The Rating Agencies Play Politics
Erin Burnett, the former Street Sweetie on CNBC who has now moved over to CNN, and I guess last night was her first show on CNN. They sent her out there, or she rushed out there, to make a point that Boehner’s plan may not be enough to stop S&P from downgrading America. Now, that’s all well and good, but there’s no other plan out there. The president doesn’t have a plan, and he doesn’t care about the S&P downgrade. I take it back. There are other ideas. DeMint’s idea is great: Just go back to 2007 spending levels, or go back to 2008 spending levels or what have you. The last plan that Obama had was his budget in February, and it got wiped out 97-to-zero. Ninety-seven to zero!
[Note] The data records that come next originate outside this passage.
// Why rows are refused, with document 01's number and details for each case.
#![tactic(auto)]

ghost use Rattle.std.specs.Prelude.{◌≡◌, min, pos};
ghost use Rattle.refusals.specs.Numbers.{alone, one, two, named, counted, most, told_of, in_row, answered, answer_of};

// The refusals of documents 01 and 02, in their order, under the Rust's names where it has one; 3 is unused.
#[derive(Clone, Copy)]
pub enum Refusal {
    // The row slice is no whole number of rows, or over the limit.
    RowSlice,
    // An unknown kind, or a place that holds no value of its field.
    Row,
    InvalidUniversalRegister(u32),
    InvalidDmIndex(u8),
    InvalidDmModifier(u8),
    UnsupportedPostModifyRegister(u8),
    Dag1StoreSource(u8),
    BranchOutOfRange(i64),
    CallTargetOutOfRange(u32),
    // The name's start and length.
    DuplicateLabel(u32, u32),
    UndefinedLabel(u32, u32),
    InvalidPmIndex(u8),
    InvalidPmModifier(u8),
    // Index, modifier.
    MixedDag(u8, u8),
    SameDagRegister(u8),
    NotACompute,
    // Which input, 0 to 3, and its register.
    MultifunctionOperand(u8, u8),
    DuplicateDestination(u8),
    LoopCountZero,
    LoopOutOfRange(i64),
    EmptyLoop,
    UnclosedLoop,
    UnmatchedLoopEnd,
    SharedLoopEnd,
    // The parcel of the latest short instruction.
    LoopTailNotFullWidth(u32),
    BranchInLoop,
    LabelInLoop(u32, u32),
    // No room, with the room.
    NoRoomForParcels(u32),
    NoRoomForLabels(u32),
    NoRoomForJumps(u32),
    NoRoomForLoops(u32),
    // The row of the jump whose slots are broken.
    BrokenSlot(u32),
    // The bytes that were lent.
    NoRoomForBytes(u64),
    // The parcel that starts no known form.
    UnknownForm(u64),
    // No room for rows, for their places or for changes, with the room.
    NoRoomForRows(u64),
}

// Whether something is in order, or why it is refused.
pub type Verdict = Result<(), Refusal>;

// Why something is refused, and the row that this names; 0 if it names none.
#[derive(Clone, Copy)]
pub struct Refused {
    pub why: Refusal,
    pub row: u32,
}

// What a call on a list answers: a count, or why the list is refused.
pub type Answer = Result<u32, Refused>;

// An answer in numbers: 0 and a count; or a refusal's number with count 0, its two details, the row that it names, and its name's range in
// the lent names (0, 0 where it has none).
#[repr(C)]
#[derive(Clone, Copy)]
pub struct Told {
    pub number: u32,
    pub count: u32,
    pub first: i64,
    pub second: i64,
    pub third: i64,
    pub start: u32,
    pub length: u32,
}

impl Told {
    // A number alone.
    fn alone(number: u32) -> Told
        ensures { result ≡ alone number }
    {
        Told {
            number,
            count: 0,
            first: 0,
            second: 0,
            third: 0,
            start: 0,
            length: 0,
        }
    }

    // A number with a signed detail.
    fn signed(number: u32, first: i64) -> Told
        ensures { result ≡ one number first }
    {
        Told {
            first,
            ..Told::alone(number)
        }
    }

    // A number with one detail.
    fn one(number: u32, first: u32) -> Told
        ensures { result ≡ one number (pos first) }
    {
        Told::signed(number, first as i64)
    }

    // A number with a length of what was lent, or a place in it.
    fn lent(number: u32, first: u64) -> Told
        ensures { result ≡ one number (pos (min first most)) }
    {
        Told::signed(number, first.min(0x7fff_ffff_ffff_ffff) as i64)
    }

    // A number with two details.
    fn two(number: u32, first: u8, second: u8) -> Told
        ensures { result ≡ two number (pos first) (pos second) }
    {
        Told {
            first: first as i64,
            second: second as i64,
            ..Told::alone(number)
        }
    }

    // A number with a name's range.
    fn named(number: u32, start: u32, length: u32) -> Told
        ensures { result ≡ named number start length }
    {
        Told {
            start,
            length,
            ..Told::alone(number)
        }
    }

    // Number 0 with a count.
    fn counted(count: u32) -> Told
        ensures { result ≡ counted count }
    {
        Told {
            count,
            ..Told::alone(0)
        }
    }

    // With a row as third detail.
    fn in_row(self, row: u32) -> Told
        ensures { result ≡ in_row row self }
    {
        Told {
            third: row as i64,
            ..self
        }
    }
}

impl Refusal {
    // Its number, its two details and its name's range, as document 01 gives them.
    pub fn told(self) -> Told
        ensures { result ≡ told_of self }
    {
        match self {
            Refusal::RowSlice => Told::alone(1),
            Refusal::Row => Told::alone(2),
            Refusal::InvalidUniversalRegister(first) => Told::one(4, first),
            Refusal::InvalidDmIndex(first) => Told::one(5, first as u32),
            Refusal::InvalidDmModifier(first) => Told::one(6, first as u32),
            Refusal::UnsupportedPostModifyRegister(first) => Told::one(7, first as u32),
            Refusal::Dag1StoreSource(first) => Told::one(8, first as u32),
            Refusal::BranchOutOfRange(first) => Told::signed(9, first),
            Refusal::CallTargetOutOfRange(first) => Told::one(10, first),
            Refusal::DuplicateLabel(start, length) => Told::named(11, start, length),
            Refusal::UndefinedLabel(start, length) => Told::named(12, start, length),
            Refusal::InvalidPmIndex(first) => Told::one(13, first as u32),
            Refusal::InvalidPmModifier(first) => Told::one(14, first as u32),
            Refusal::MixedDag(first, second) => Told::two(15, first, second),
            Refusal::SameDagRegister(first) => Told::one(16, first as u32),
            Refusal::NotACompute => Told::alone(17),
            Refusal::MultifunctionOperand(first, second) => Told::two(18, first, second),
            Refusal::DuplicateDestination(first) => Told::one(19, first as u32),
            Refusal::LoopCountZero => Told::alone(20),
            Refusal::LoopOutOfRange(first) => Told::signed(21, first),
            Refusal::EmptyLoop => Told::alone(22),
            Refusal::UnclosedLoop => Told::alone(23),
            Refusal::UnmatchedLoopEnd => Told::alone(24),
            Refusal::SharedLoopEnd => Told::alone(25),
            Refusal::LoopTailNotFullWidth(first) => Told::one(26, first),
            Refusal::BranchInLoop => Told::alone(27),
            Refusal::LabelInLoop(start, length) => Told::named(28, start, length),
            Refusal::NoRoomForParcels(first) => Told::one(29, first),
            Refusal::NoRoomForLabels(first) => Told::one(30, first),
            Refusal::NoRoomForJumps(first) => Told::one(31, first),
            Refusal::NoRoomForLoops(first) => Told::one(32, first),
            Refusal::BrokenSlot(first) => Told::one(33, first),
            Refusal::NoRoomForBytes(first) => Told::lent(34, first),
            Refusal::UnknownForm(first) => Told::lent(35, first),
            Refusal::NoRoomForRows(first) => Told::lent(36, first),
        }
    }

    // The refusal, naming a row.
    pub fn at(self, row: u32) -> Refused
        ensures { result ≡ record { why = self; row = row } }
    {
        Refused { why: self, row }
    }
}

// An answer in numbers.
pub fn answered(answer: Answer) -> Told
    ensures { result ≡ answered answer }
{
    match answer {
        Ok(count) => Told::counted(count),
        Err(refused) => refused.why.told().in_row(refused.row),
    }
}
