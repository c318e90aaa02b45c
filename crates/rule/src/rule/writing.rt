// Writing a rule into the caller's buffer. Its text is bytes, as the caller's names are, so a rule has no `Display`.
ghost use Rattle.std.specs.Prelude.{◌≡◌, ◌≤◌, [], length};
ghost use Rattle.fixed_vec.specs.FixedVec.{items};
ghost use Rattle.grammar.specs.Reading.{answer_of};
ghost use Rattle.grammar.specs.Answering.Answer.{the_rule};
ghost use Rattle.reading.specs.Holding.{parting};
ghost use Rattle.rule.specs.Printing.{Adds, constant_for, part_text, word_for};
ghost use Rattle.rule.specs.Rules.{form_in, length_in, marked, names_in, put_into, struck_in, struck_text, text_of};
ghost use Rattle.rule.specs.Signing.{signing};
ghost use Rattle.rule.specs.Walks.{Stands};

use crate::operands::Operands;
use crate::rule::{LINE, Rule};
use crate::sign::Sign;
use fixed_vec::{FixedVec, Full};
use reading::Part;
use words::Kind;

// Whether a row of marks strikes the part with that number. A part past the row is not struck.
fn is_marked(marks: &[u8], number: usize) -> bool
    ensures { result ≡ marked marks.now number }
{
    marks.get(number).is_some_and(|&mark| mark != 0)
}

// What is written for a struck part: its constant alone.
fn constant(sign: Sign) -> &'static [u8]
    ensures { result.now ≡ constant_for (signing sign) }
{
    match sign {
        Sign::Plus => Kind::False.before(),
        Sign::Minus => Kind::True.before(),
    }
}

impl Rule {
    // What is written for a part without operands: the name of a label, or a constant.
    fn word(&self, part: Part) -> &[u8]
        ensures { result.now ≡ word_for (names_in self.now) (parting part) }
    {
        part.label()
            .and_then(|label| self.names.get(label))
            .unwrap_or(part.kind.before())
    }

    // Adds the text of the part `root`, whose sign is `sign`, to a line; refused where the line is too short for it.
    fn print(
        &self,
        marks: &[u8],
        sign: Sign,
        root: usize,
        line: &mut FixedVec<u8, LINE>,
    ) -> Result<(), Full>
        requires { Stands (form_in self.now) root (signing sign) }
        ensures { (s : Stands (form_in self.now) root (signing sign))
            → Adds (part_text (names_in self.now) (marked marks.now) s) (items line.old) (items line.new) result }
    {
        if is_marked(marks, root) {
            return line.extend_from_slice(constant(sign));
        }
        let part = self.at(root);
        let turned = sign.flipped(part.kind.flips());
        match self.operands_of(root) {
            Operands::None => line.extend_from_slice(self.word(part)),
            Operands::One(operand) => {
                line.extend_from_slice(part.kind.before())?;
                self.print(marks, turned, operand, line)
            }
            Operands::Two(left, right) => {
                line.extend_from_slice(part.kind.before())?;
                self.print(marks, turned, left, line)?;
                line.extend_from_slice(part.kind.between())?;
                self.print(marks, sign, right, line)?;
                line.extend_from_slice(part.kind.after())
            }
        }
    }

    // Puts the text of the rule with the marked parts struck into an empty line, which takes every rule. Into the caller's
    // line, since one that is handed out is copied whole.
    fn line(&self, marks: &[u8], line: &mut FixedVec<u8, LINE>)
        requires { items line.old ≡ [] }
        ensures { items line.new ≡ struck_text marks.now self.now }
    {
        self.print(marks, Sign::Plus, self.len() - 1, line).unwrap();
    }

    /// The text of the rule. It reads back as the rule.
    pub fn text(&self) -> FixedVec<u8, LINE>
        ensures bytes { items result ≡ text_of self.now }
        ensures again { answer_of (names_in self.now) (items result) ≡ the_rule (form_in self.now) }
    {
        let mut line = FixedVec::new(0);
        self.line(&[], &mut line);
        line
    }

    /// Writes the rule with the marked parts struck, each as its constant alone, and answers the length.
    /// A buffer that is too short stays as it was, and the length is 0, the documented answer of every call that writes.
    /// The text reads back as the struck rule.
    pub fn write_struck(&self, marks: &[u8], out: &mut [u8]) -> usize
        ensures length { result ≡ length_in (struck_text marks.now self.now) out.old }
        ensures bytes { out.new ≡ put_into (struck_text marks.now self.now) out.old }
        ensures short { length (struck_text marks.now self.now) ≤ 1024 }
        ensures again { answer_of (names_in self.now) (struck_text marks.now self.now) ≡ the_rule (struck_in marks.now self.now) }
    {
        let mut line = FixedVec::new(0);
        self.line(marks, &mut line);
        let text = line.as_slice();
        let len = text.len();
        if out.len() < len {
            return 0;
        }
        out[..len].copy_from_slice(text);
        len
    }

    /// Writes the rule and answers the length. A buffer that is too short stays as it was, and the length is 0.
    /// The text reads back as the rule.
    pub fn write(&self, out: &mut [u8]) -> usize
        ensures length { result ≡ length_in (text_of self.now) out.old }
        ensures bytes { out.new ≡ put_into (text_of self.now) out.old }
        ensures short { length (text_of self.now) ≤ 1024 }
        ensures again { answer_of (names_in self.now) (text_of self.now) ≡ the_rule (form_in self.now) }
    {
        self.write_struck(&[], out)
    }
}
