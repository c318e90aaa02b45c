// Reading a rule from text.
ghost use Rattle.std.specs.Prelude.{◌≡◌};
ghost use Rattle.grammar.specs.Laws.{Laws};
ghost use Rattle.grammar.specs.Answering.{Answering};
ghost use Rattle.grammar.specs.Reading.{answer_of};
ghost use Rattle.grammar.specs.Answering.{Answer};
ghost use Rattle.rule.specs.Answers.{Keeps, answered};
ghost use Rattle.names.specs.Naming.{spellings};

use crate::rule::Rule;
use names::Names;
use reading::{RuleFault, read_parts};

impl Rule {
    /// The rule that the text stands for with these names, entry i for label i; a name that the list lacks is `false`.
    pub fn read(names: &[&[u8]], text: &[u8]) -> Result<Rule, RuleFault>
        ensures grammar { Answering (spellings names.now) text.now (answered result) }
        ensures only { (a : Answer) → Answering (spellings names.now) text.now a → answered result ≡ a }
        ensures answer { answered result ≡ answer_of (spellings names.now) text.now }
        ensures laws { Laws }
        ensures names { Keeps (spellings names.now) result }
    {
        let list = Names::new(names)?;
        let parts = read_parts(&list, text)?;
        Ok(Rule { parts, names: list })
    }
}
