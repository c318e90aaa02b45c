// A rule's parts by number: each with its operands and its sign.
ghost use Rattle.std.specs.Prelude.{◌≡◌, ◌<◌, []};
ghost use Rattle.std.specs.Option.{option_map};
ghost use Rattle.grammar.specs.Forms.{size};
ghost use Rattle.grammar.specs.Forms.Form.{yes_form};
ghost use Rattle.reading.specs.Holding.{parting};
ghost use Rattle.names.specs.Lists.{Got};
ghost use Rattle.rule.specs.Rules.{form_in, names_in, operands_at, part_at, sign_at};
ghost use Rattle.rule.specs.Signing.{operanding, signing};
ghost use Rattle.rule.specs.Walks.{Around};

use crate::operands::Operands;
use crate::rule::Rule;
use crate::sign::Sign;
use fixed_vec::FixedVec;
use names::Names;
use reading::Part;
use words::Kind;

impl Rule {
    /// The rule `true`, without names.
    pub fn fresh() -> Rule
        ensures form { form_in result ≡ yes_form }
        ensures names { names_in result ≡ [] }
    {
        let constant = Part::of(Kind::True);
        let mut parts = FixedVec::new(constant);
        parts.push(constant).unwrap();
        Rule {
            parts,
            names: Names::none(),
        }
    }

    /// How many parts the rule has.
    pub fn len(&self) -> usize
        ensures { result ≡ size (form_in self.now) }
    {
        self.parts.len()
    }

    /// The name of a label, where it has one.
    pub fn name(&self, label: u8) -> Option<&[u8]>
        ensures { Got (names_in self.now) label result }
    {
        self.names.get(label)
    }

    /// The part with that number, where there is one.
    pub fn part(&self, number: usize) -> Option<Part>
        ensures { option_map parting result ≡ part_at (form_in self.now) number }
    {
        self.parts.as_slice().get(number).copied()
    }

    /// The operands of the part with that number, where there is one.
    pub fn operands(&self, number: usize) -> Option<Operands>
        ensures { option_map operanding result ≡ operands_at (form_in self.now) number }
    {
        (number < self.len()).then(|| self.operands_of(number))
    }

    // The operand of the part `from`, whose sign is `sign`, inside which the part `number` stands, with that operand's sign.
    fn toward(&self, from: usize, sign: Sign, number: usize) -> (usize, Sign)
        requires around { Around (form_in self.now) number from (signing sign) }
        requires below { number < from }
        ensures nearer { result.0 < from }
        ensures around { Around (form_in self.now) number result.0 (signing result.1) }
    {
        let flips = self.at(from).kind.flips();
        let turned = sign.flipped(flips);
        match self.operands_of(from) {
            Operands::One(operand) => (operand, turned),
            Operands::Two(left, right) if left < number => (right, sign),
            Operands::Two(left, _) => (left, turned),
            // No part stands inside one without operands.
            Operands::None => unreachable!(),
        }
    }

    /// The sign of the part with that number, where there is one.
    pub fn sign(&self, number: usize) -> Option<Sign>
        ensures { option_map signing result ≡ sign_at (form_in self.now) number }
    {
        if number >= self.len() {
            return None;
        }
        let mut at = self.len() - 1;
        let mut sign = Sign::Plus;
        while at != number {
            (at, sign) = self.toward(at, sign, number);
        }
        Some(sign)
    }
}
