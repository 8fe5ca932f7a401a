// Reads a panel's code and a layout's list on standard input, and writes a line for each leaf on standard output.
#![tactic(auto)]

ghost use Rattle.std.specs.Prelude.{◌≡◌, ◌+◌, ◌≤◌, ◌<◌, ◌++◌, [], ◌∷◌, IfOk, take};
ghost use Rattle.arrayvec.specs.ArrayVec.{array_vec_len};
ghost use Rattle.listing.specs.Text.{decimal};
ghost use Rattle.layout.specs.Tiling.{Inside};
ghost use Rattle.layout.specs.Answer.{answer_given};
ghost use Rattle.layout_list.specs.Text.{leaf_line, leaf_lines, answer_text, layout_text, Drawn};

use arrayvec::ArrayVec;
use layout::{Leaves, Rect};
use refusal::Refusal;

// The text so far, with room for the lines of 64 leaves and no heap. Each function here that puts text puts its own after it.
type Page = ArrayVec<u8, 1024>;

// A number below 1,000, and one byte after it. Digits and text are put by hand: `write!` into a page of a fixed length may fail, which
// the proof would have to exclude.
fn put_number(page: &mut Page, n: u32, after: u8)
    requires { (n < 1000) × (array_vec_len page.old + 4 ≤ 1024) }
    ensures text { page.new.items ≡ page.old.items ++ (decimal n ++ (after ∷ [])) }
    ensures short { array_vec_len page.new ≤ array_vec_len page.old + 4 }
{
    let mut digits = [0; 20];
    let k = io::decimal(u64::from(n), &mut digits);
    page.try_extend_from_slice(&digits[..k]).unwrap();
    page.push(after);
}

// A leaf's line.
fn put_leaf(page: &mut Page, r: Rect)
    requires { (Inside 264 176 r) × (array_vec_len page.old + 16 ≤ 1024) }
    ensures text { page.new.items ≡ page.old.items ++ leaf_line r }
    ensures short { array_vec_len page.new ≤ array_vec_len page.old + 16 }
{
    put_number(page, r.x, b' ');
    put_number(page, r.y, b' ');
    put_number(page, r.width, b' ');
    put_number(page, r.height, b'\n');
}

// The lines of leaves.
fn put_leaves(page: &mut Page, leaves: &Leaves)
    requires { (Drawn leaves.now) × (page.old.items ≡ []) }
    ensures { page.new.items ≡ leaf_lines (take leaves.now.count leaves.now.rects) }
{
    for leaf in &leaves.rects[..leaves.count] {
        put_leaf(page, *leaf);
    }
}

// The text of an answer.
fn page_of(answer: Result<Leaves, Refusal>) -> Page
    requires { IfOk answer Drawn }
    ensures { result.items ≡ answer_text (answer_given answer) }
{
    let mut page = ArrayVec::new();
    match answer {
        Ok(leaves) => put_leaves(&mut page, &leaves),
        Err(refusal) => {
            page.try_extend_from_slice(b"refused ").unwrap();
            put_number(&mut page, u32::from(refusal.number()), b'\n');
        }
    }
    page
}

// The text of a layout, from the panel's code and the list after it. No code is no panel.
fn page_for(input: &[u8]) -> Page
    ensures { result.items ≡ layout_text input.now }
{
    let Some((&panel, list)) = input.split_first() else {
        return page_of(Err(Refusal::Argument));
    };
    page_of(layout::layout(u32::from(panel), list))
}

fn main(rt: HostRuntime) -> std::io::Result<()> {
    // The code, and one byte more than the longest list: a longer input fills it, and no list of this length is good.
    let mut given = [0; 193];
    let n = input::fill(&mut rt.stdin(), &mut given)?;
    rt.write_all(page_for(&given[..n]).as_slice())
}
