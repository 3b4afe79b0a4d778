//! A purge: a word's newest committed version goes to memory, and its committed versions leave the caches.

ghost use Rattle.std.specs.Prelude.{◌≡◌, ◌+◌, ◌<◌, ◌==◌, ◌&&◌, ℕ, None, cond, length, get_or};
ghost use Rattle.svc_vol.specs.Lines.{lines_in};
ghost use Rattle.svc_vol.specs.Value.{AreCommitted};
ghost use Rattle.svc_retire.specs.Caches.{held_line, SameSizes};
ghost use Rattle.svc_retire.specs.Purges.{CanPurge, CountsSearches, HasRoomFor, IsNewest, committed_in, drops};
ghost use Rattle.svc_retire.specs.Purges.{is_purged};
ghost use Rattle.svc_retire.specs.Purges.{keeps, line_after_purge, purges};

use crate::memory::store;
use svc_base::{UnitId, WordAddr};
use svc_cache::{Cache, Probes};
use svc_vol::{HeldLine, VersionList};

/// The value of the newest version among committed lines; the oldest comes first.
pub fn newest_value(committed: &[HeldLine]) -> Option<u32>
    ensures { IsNewest committed.now (length committed.now) result }
{
    let mut newest = None;
    for held in committed {
        if held.line.bits.is_dirty() {
            newest = Some(held.line.value);
        }
    }
    newest
}

// The unit's line stays.
fn is_kept(keep: Option<UnitId>, unit: UnitId) -> bool
    ensures { result ≡ keeps keep unit.0 }
{
    match keep {
        None => false,
        Some(kept) => kept.0 == unit.0,
    }
}

// The committed line becomes invalid if it holds a version, unless its unit keeps it.
fn drop_version(
    caches: &mut [Cache],
    held: &HeldLine,
    word: WordAddr,
    keep: Option<UnitId>,
    probes: &mut Probes,
)
    requires known { held.now.unit.0 < length caches.old }
    requires room { HasRoomFor probes.old caches.old 1 }
    ensures lines { (u a : ℕ) → held_line caches.new u a
        ≡ cond ((a == word.0) && (drops keep held.now && (held.now.unit.0 == u))) None
        (held_line caches.old u a) }
    ensures sizes { SameSizes caches.old caches.new }
    ensures counted { CountsSearches probes.old probes.new (cond (drops keep held.now) 1 0) }
{
    if held.line.bits.is_dirty() && !is_kept(keep, held.unit) {
        caches[held.unit.0 as usize].drop_line(word, probes);
    }
}

// All of these that hold versions become invalid, except that of the unit that keeps its line.
fn drop_versions(
    caches: &mut [Cache],
    committed: &[HeldLine],
    word: WordAddr,
    keep: Option<UnitId>,
    probes: &mut Probes,
)
    requires listed { AreCommitted (lines_in caches.old word.0) (length caches.old) committed.now }
    requires room { HasRoomFor probes.old caches.old (length caches.old) }
    ensures lines { (u a : ℕ) → held_line caches.new u a ≡ line_after_purge keep word.0 u a (held_line caches.old u a) }
    ensures sizes { SameSizes caches.old caches.new }
    ensures counted { CountsSearches probes.old probes.new (purges caches.old keep word.0) }
{
    for held in committed {
        drop_version(caches, held, word, keep, probes);
    }
}

/// Purges the word: of its committed lines that hold versions, the newest one's value goes to the backing memory, and
/// all of them become invalid. The line of `keep` stays in its place, for a read or write of that unit that fills over
/// it at once.
///
/// `list` is the version list of the word. Each line that becomes invalid takes one search.
pub fn purge(
    caches: &mut [Cache],
    backing: &mut [u32],
    list: &VersionList,
    word: WordAddr,
    keep: Option<UnitId>,
    probes: &mut Probes,
)
    requires purge { CanPurge caches.old backing.old list.now word.0 }
    requires room { HasRoomFor probes.old caches.old (length caches.old) }
    ensures lines { (u a : ℕ) → held_line caches.new u a ≡ line_after_purge keep word.0 u a (held_line caches.old u a) }
    ensures memory { (a : ℕ) → get_or backing.new a 0 ≡ cond (a == word.0) (committed_in caches.old backing.old word.0)
        (get_or backing.old a 0) }
    ensures sizes { SameSizes caches.old caches.new }
    ensures counted { CountsSearches probes.old probes.new (purges caches.old keep word.0) }
{
    let committed = list.committed();
    store(backing, word.0 as usize, newest_value(committed));
    drop_versions(caches, committed, word, keep, probes);
}
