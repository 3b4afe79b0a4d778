//! A version goes to memory.

ghost use Rattle.std.specs.Prelude.{◌≡◌, ◌<◌, length};
ghost use Rattle.svc_retire.specs.Memory.{with_version};

/// The version of the word, if there is one, goes to the memory.
pub(crate) fn store(backing: &mut [u32], word: usize, version: Option<u32>)
    requires { word < length backing.old }
    ensures { backing.new ≡ with_version backing.old word version }
{
    if let Some(value) = version {
        backing[word] = value;
    }
}
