//! How versions move out of the caches: the parts of a commit, a squash, a bus request and a
//! replacement that remove lines or set their bits, and that move values to the backing memory.
//!
//! A commit moves no line. The newest committed version of a word stays in its cache until the word is *purged*, at the
//! next bus request for it or replacement of it (the efficient commit design of Gopal, Vijaykumar, Smith, Sohi,
//! "Speculative Versioning Cache", HPCA 1998; the rules are this simulator's own). Versions of the head whose lines
//! were replaced wait in the [`Spill`] table for its commit.
#![tactic(auto)]

pub mod lines;
mod memory;
pub mod purging;
pub mod spill;

pub use lines::{commit_lines, squash_lines};
pub use purging::purge;
pub use spill::Spill;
Not one Democrat voted for Obama’s budget, and that is the last plan that we had from him.
So we’ve had the Ryan plan. We’ve had Cut, Cap, and Balance. We’ve had the Balanced Budget Amendment. Now we’ve got Boehner’s two-step plan. We’ve offered all kinds of plans, and they sent Erin Burnett out there to say that Boehner’s plan may still trigger the S&P downgrade. The chief business correspondent is Erin Burnett, and Wolf Blitzer said, “Earlier you suggested that one investor who was briefed by some of the ratings agencies said that if Boehner’s plan’s approved it might still result in some sort of ratings reduction for the country, whereas if Harry Reid’s plan’s approved, the US AAA rating might not go down. I want you to explain what that means.”